**WHAT YOU NEED TO DO**
Everything from the line containing "S.Set) → OfLayer" through the last line of the records below should be printed exactly, please, and nothing else.

**ENTRIES SUPPLIED**
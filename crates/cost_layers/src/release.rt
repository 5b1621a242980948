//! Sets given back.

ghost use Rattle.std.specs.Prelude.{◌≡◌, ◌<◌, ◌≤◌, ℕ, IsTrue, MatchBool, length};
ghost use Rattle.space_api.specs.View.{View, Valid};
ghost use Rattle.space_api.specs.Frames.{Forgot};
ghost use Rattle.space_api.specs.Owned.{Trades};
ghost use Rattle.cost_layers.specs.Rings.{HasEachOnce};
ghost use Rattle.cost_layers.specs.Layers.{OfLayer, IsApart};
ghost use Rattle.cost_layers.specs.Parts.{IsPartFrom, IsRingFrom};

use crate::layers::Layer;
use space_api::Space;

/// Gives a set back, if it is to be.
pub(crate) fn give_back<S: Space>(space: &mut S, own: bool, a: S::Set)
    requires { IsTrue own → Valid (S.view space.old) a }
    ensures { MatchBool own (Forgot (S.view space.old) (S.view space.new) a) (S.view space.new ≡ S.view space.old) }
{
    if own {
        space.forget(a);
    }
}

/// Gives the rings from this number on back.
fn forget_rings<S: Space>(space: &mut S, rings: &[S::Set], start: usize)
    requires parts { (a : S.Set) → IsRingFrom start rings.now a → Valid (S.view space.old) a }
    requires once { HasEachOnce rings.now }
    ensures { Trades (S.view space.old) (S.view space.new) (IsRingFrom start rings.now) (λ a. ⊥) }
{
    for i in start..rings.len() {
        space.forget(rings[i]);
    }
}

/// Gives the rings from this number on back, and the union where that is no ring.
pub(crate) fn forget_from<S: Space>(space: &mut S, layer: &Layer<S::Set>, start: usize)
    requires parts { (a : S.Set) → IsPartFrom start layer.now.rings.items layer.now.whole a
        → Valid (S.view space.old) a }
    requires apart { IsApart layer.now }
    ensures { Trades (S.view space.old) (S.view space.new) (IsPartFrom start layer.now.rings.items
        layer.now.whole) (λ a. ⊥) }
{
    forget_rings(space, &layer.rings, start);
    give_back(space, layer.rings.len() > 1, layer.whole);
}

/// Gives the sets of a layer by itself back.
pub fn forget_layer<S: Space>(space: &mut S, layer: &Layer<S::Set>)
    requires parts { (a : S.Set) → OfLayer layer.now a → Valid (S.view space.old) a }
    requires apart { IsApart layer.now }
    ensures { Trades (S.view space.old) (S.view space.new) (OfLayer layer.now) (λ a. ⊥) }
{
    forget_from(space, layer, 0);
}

**RESULT OF THIS TASK**
    requires parts { (a : S.Set) → OfLayer layer.now a → Valid (S.view space.old) a }
    requires apart { IsApart layer.now }
    ensures { Trades (S.view space.old) (S.view space.new) (OfLayer layer.now) (λ a. ⊥) }
{
    forget_from(space, layer, 0);
}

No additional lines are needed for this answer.